_Directions_
Only the number is wanted: how many lines of the data contain "closed"?

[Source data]
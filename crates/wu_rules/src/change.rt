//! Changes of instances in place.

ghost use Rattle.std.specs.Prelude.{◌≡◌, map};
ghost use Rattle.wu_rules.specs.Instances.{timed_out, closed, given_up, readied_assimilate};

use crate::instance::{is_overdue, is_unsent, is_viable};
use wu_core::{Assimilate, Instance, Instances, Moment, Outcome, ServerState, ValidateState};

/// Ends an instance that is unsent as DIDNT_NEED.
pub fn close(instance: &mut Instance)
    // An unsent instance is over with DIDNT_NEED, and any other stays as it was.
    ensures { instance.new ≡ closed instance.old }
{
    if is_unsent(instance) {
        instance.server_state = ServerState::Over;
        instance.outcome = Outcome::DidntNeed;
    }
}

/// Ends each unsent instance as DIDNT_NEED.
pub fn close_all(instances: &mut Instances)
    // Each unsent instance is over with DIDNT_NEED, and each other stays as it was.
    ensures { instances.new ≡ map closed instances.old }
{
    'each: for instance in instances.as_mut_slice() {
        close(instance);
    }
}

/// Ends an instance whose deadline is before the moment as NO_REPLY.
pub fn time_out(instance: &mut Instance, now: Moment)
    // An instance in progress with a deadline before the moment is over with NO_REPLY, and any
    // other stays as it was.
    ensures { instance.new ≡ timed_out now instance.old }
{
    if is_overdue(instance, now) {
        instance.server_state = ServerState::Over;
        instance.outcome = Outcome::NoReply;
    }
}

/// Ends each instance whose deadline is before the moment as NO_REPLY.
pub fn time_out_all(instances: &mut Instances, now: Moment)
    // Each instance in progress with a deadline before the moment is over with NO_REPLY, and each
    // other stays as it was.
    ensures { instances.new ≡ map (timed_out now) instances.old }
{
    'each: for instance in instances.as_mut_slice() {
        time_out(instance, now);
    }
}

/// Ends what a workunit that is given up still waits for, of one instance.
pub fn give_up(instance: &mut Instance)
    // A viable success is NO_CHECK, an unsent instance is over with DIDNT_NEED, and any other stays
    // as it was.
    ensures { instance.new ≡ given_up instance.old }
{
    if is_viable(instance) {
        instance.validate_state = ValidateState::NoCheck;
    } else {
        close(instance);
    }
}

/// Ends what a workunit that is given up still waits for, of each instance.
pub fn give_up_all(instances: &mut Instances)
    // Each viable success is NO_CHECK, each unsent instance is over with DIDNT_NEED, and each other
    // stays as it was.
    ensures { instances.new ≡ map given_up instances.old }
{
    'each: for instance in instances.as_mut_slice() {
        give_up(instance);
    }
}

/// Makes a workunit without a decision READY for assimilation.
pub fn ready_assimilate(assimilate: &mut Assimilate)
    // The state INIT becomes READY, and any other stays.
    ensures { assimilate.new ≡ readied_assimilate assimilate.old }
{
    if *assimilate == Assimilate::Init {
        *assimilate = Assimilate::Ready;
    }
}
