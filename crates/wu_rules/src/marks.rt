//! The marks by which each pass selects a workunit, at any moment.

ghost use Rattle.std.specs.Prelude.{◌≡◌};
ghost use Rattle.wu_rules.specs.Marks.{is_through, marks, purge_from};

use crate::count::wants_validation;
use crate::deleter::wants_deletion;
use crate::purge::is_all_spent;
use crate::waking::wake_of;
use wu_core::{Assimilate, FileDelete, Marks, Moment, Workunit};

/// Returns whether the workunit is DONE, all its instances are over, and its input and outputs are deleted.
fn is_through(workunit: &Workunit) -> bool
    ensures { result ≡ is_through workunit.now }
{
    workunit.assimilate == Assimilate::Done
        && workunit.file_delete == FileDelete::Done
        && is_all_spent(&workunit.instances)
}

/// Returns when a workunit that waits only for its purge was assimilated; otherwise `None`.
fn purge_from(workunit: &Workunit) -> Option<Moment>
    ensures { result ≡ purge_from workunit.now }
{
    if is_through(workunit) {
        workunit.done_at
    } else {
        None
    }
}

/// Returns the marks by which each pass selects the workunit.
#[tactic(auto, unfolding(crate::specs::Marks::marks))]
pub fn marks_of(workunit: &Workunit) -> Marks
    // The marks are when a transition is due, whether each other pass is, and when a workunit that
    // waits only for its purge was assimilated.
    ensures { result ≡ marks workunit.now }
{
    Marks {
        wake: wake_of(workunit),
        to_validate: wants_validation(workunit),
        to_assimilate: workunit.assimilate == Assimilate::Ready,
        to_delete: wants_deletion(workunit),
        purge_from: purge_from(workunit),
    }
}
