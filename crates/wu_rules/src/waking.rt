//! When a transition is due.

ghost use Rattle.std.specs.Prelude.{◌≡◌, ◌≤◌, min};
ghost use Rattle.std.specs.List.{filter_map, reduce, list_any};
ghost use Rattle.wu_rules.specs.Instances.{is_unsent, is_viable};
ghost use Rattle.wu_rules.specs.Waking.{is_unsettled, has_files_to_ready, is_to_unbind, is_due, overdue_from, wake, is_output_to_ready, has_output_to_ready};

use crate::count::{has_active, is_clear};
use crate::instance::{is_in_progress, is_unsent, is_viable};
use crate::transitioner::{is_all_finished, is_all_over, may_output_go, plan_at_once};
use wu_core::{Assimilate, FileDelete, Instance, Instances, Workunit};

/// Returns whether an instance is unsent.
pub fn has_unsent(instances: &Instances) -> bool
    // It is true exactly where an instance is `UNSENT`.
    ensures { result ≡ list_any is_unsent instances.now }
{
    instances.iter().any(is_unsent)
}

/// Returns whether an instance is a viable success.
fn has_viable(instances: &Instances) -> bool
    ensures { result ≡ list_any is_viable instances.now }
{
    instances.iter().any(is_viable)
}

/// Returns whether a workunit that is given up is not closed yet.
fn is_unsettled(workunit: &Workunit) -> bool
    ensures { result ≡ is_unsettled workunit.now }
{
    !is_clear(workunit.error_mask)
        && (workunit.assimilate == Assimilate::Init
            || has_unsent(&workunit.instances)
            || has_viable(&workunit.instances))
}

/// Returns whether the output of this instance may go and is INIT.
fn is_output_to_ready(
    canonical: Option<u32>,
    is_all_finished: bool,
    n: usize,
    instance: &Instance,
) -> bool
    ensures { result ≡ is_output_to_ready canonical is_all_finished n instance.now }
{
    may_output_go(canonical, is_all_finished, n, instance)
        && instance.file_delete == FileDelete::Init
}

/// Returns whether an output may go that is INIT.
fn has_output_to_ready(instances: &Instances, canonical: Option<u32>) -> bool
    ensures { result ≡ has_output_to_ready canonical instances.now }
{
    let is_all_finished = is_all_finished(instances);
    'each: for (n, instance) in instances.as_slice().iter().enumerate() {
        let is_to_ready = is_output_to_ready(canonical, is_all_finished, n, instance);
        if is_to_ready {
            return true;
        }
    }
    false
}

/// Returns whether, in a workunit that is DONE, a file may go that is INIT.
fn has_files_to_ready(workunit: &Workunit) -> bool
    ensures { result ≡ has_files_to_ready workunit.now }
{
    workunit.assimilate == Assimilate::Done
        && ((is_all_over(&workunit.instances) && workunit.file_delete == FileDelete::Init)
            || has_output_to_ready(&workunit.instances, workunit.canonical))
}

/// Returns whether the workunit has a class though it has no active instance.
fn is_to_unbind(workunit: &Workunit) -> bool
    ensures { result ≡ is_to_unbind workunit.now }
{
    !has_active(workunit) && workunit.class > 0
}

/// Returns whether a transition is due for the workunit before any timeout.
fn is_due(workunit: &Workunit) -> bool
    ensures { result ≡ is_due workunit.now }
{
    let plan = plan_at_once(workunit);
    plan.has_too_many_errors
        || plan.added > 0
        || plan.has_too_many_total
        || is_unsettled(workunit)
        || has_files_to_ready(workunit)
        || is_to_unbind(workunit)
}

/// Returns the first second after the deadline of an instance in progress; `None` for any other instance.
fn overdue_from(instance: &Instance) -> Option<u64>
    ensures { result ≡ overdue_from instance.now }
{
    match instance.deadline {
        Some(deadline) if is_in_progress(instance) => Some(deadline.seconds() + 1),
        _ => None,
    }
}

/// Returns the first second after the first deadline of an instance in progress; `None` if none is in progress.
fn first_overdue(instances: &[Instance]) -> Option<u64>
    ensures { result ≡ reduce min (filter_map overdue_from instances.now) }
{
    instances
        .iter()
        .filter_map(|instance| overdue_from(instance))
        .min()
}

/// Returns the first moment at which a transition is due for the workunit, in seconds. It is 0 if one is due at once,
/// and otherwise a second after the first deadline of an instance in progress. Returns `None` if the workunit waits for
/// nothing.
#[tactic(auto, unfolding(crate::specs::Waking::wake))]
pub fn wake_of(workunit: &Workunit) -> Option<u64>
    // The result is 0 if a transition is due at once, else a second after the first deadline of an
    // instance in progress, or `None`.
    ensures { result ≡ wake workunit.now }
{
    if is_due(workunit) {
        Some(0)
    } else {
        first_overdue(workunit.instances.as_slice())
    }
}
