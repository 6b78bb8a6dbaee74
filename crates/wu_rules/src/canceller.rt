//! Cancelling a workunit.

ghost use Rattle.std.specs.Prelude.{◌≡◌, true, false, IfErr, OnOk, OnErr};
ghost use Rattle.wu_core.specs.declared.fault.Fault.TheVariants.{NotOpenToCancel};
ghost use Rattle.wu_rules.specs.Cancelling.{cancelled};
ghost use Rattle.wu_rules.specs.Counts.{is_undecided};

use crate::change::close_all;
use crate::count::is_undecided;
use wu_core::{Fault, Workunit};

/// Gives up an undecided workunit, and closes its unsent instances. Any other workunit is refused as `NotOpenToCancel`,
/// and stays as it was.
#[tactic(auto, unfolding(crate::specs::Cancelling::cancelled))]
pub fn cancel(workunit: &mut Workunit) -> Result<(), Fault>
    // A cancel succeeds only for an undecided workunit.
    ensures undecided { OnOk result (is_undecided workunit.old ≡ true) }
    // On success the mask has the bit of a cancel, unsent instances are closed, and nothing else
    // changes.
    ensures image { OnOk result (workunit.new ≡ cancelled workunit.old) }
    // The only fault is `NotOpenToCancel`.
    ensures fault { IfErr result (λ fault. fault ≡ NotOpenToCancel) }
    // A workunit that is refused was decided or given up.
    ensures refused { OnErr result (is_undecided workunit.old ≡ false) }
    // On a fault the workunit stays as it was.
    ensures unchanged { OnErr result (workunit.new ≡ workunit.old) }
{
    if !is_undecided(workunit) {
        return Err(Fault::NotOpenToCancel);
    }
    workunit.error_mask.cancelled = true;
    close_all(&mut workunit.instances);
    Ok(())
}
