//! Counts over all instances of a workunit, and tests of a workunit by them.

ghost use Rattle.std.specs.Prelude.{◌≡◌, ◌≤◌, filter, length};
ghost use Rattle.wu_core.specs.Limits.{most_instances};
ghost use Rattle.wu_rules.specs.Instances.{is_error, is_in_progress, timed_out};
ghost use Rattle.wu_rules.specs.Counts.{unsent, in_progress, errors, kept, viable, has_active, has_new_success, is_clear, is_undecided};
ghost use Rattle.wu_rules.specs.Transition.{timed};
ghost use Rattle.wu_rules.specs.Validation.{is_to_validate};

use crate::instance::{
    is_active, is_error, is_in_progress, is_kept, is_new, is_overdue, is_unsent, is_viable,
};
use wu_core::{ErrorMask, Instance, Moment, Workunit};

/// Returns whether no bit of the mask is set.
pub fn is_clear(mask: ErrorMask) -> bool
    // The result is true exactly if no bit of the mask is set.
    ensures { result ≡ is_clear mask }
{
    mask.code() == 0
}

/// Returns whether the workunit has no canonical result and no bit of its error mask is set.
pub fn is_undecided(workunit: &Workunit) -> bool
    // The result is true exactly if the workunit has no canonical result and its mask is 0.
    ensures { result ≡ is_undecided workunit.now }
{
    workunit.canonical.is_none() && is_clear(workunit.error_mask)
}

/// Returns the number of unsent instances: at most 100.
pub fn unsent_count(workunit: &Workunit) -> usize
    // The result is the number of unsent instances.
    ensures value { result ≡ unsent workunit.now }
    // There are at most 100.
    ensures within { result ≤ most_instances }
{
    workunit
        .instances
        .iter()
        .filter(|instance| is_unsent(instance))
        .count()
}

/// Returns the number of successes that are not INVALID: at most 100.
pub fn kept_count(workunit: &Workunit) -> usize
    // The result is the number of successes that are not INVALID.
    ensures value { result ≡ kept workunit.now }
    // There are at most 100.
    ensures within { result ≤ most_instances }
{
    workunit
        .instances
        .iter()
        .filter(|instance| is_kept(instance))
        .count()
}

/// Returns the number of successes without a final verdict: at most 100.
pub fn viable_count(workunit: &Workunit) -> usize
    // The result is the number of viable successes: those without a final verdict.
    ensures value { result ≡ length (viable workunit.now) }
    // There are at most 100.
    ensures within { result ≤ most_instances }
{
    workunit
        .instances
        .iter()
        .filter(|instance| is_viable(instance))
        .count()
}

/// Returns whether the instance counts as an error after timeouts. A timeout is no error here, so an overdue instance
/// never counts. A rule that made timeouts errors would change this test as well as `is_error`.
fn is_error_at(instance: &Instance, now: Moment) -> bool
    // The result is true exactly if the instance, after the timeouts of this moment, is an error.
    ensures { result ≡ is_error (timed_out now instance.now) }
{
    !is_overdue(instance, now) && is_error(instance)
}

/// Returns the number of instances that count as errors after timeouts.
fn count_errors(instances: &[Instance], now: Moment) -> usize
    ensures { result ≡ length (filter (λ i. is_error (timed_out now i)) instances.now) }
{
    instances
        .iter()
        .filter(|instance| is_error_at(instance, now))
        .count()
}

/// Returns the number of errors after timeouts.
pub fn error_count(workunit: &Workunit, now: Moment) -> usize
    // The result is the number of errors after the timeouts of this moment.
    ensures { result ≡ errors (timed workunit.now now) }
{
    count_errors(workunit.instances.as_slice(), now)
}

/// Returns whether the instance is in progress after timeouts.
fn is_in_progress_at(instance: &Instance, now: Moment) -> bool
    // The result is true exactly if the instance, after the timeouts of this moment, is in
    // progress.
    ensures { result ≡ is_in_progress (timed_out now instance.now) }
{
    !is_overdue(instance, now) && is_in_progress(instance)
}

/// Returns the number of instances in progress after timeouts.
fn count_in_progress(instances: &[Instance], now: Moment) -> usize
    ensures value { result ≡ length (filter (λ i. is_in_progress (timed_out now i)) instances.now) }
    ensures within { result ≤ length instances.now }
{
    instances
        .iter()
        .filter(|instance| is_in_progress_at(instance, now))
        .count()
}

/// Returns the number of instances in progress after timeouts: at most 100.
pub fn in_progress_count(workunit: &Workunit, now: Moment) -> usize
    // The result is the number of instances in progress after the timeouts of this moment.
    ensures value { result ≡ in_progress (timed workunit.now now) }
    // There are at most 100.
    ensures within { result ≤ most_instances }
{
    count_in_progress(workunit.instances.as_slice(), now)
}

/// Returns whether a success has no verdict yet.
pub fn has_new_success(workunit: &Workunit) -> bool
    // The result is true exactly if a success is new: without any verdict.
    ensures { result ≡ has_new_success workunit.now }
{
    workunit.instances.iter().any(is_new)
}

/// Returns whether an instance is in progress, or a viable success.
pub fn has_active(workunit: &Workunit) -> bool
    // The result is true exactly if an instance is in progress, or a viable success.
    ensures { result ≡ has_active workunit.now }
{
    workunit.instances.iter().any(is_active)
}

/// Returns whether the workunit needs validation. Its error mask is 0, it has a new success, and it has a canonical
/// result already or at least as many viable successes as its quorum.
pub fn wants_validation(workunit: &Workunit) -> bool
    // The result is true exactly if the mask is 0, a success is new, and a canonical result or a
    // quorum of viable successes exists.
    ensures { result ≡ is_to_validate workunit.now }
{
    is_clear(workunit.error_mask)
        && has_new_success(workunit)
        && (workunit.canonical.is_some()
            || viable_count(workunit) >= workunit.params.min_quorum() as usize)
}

_Solution to this task_
5